Determine the third voice information in the first voice information according to the similarity between the first voice frequency and the second voice frequency, and delete the third voice information from the first voice information to obtain a target voice information.
A method for acquiring voice information, including:

The device collects first voice information in an environment in which the device is located;

Determining, by the device, first feature information corresponding to the first voice information and second feature information corresponding to second voice information, wherein the second voice information is a voice played by the device itself;

Determining the third voice information in the first voice information according to the similarity between the feature information and the second feature information, and deleting the third voice information from the first voice information to obtain the target voice information.
The method according to claim 7, wherein the first characteristic information and the second characteristic information each include at least one of the following:

Sound frequency, tone, timbre, volume.
An apparatus for acquiring voice information, including:

A first acquisition module configured to acquire first voice information in an environment where the device is located;

A first determining module configured to determine a first sound frequency corresponding to the first voice information and a second sound frequency corresponding to the second voice information, wherein the second voice information is a voice played by the device itself;

The second determining module is configured to determine the third voice information in the first voice information according to the similarity between the first voice frequency and the second voice frequency, and delete the first voice information from the first voice information.
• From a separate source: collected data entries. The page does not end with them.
//! What each guest does.
use k_types::{Op, Reg, TypeId};

const OWN: Reg = Reg(0);

const OTHER: Reg = Reg(1);

const FOUND: Reg = Reg(2);

const DIR: Reg = Reg(3);

/// Two objects, of which the first leads to the second.
pub(crate) const OPENING: [Op; 3] = [
    Op::New {
        reg: OWN,
        ty: TypeId(0),
    },
    Op::New {
        reg: OTHER,
        ty: TypeId(0),
    },
    Op::Store {
        base: OWN,
        field: 0,
        value: OTHER,
    },
];

/// A round inside the heap: a number is written and read, and a reference is stored, loaded and moved.
pub(crate) const ROUND: [Op; 5] = [
    Op::Put {
        base: OWN,
        field: 2,
        number: 7,
    },
    Op::Get {
        base: OWN,
        field: 2,
    },
    Op::Store {
        base: OTHER,
        field: 1,
        value: OWN,
    },
    Op::Load {
        reg: FOUND,
        base: OTHER,
        field: 1,
    },
    Op::Move {
        reg: FOUND,
        from: OTHER,
    },
];

/// The first object is stored into the directory, which is the kernel's.
pub(crate) const LAST: [Op; 2] = [
    Op::Dir { reg: DIR },
    Op::Store {
        base: DIR,
        field: 0,
        value: OWN,
    },
];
Three voice messages to get the target voice message.
An apparatus for acquiring voice information, including:

The second acquisition module is configured to collect first voice information in an environment where the device is located, and obtain second voice information currently played by all voice playback devices in the current environment from the network side, where the environment includes multiple voice playbacks. device;

A third determining module, configured to determine a first sound frequency corresponding to the first voice information and a second sound frequency corresponding to the second voice information;

A fourth determining module is configured to determine the third voice information in the first voice information according to the similarity between the first voice frequency and the second voice frequency, and delete the first voice information from the first voice information. Three voice messages to get the target voice message.
An apparatus for acquiring voice information, including:

A third acquisition module, configured to acquire first voice information in an environment where the device is located;

A fifth determining module, configured to determine the first feature information corresponding to the first voice information and the second feature information corresponding to the second voice information, wherein the second voice information is a voice played by the device itself;

A sixth determining module, configured to determine the third voice information in the first voice information according to the similarity between the feature information and the second feature information, and delete the third voice information from the first voice information, Get the target voice information.
A storage medium, wherein a computer program is stored in the storage medium, and the computer program is configured to execute the method according to any one of claims 1 to 8 when running.
An electronic device includes a memory and a processor, wherein the memory stores a computer program, and the processor is configured to run the computer program to execute the computer program of any one of claims 1 to 8. method.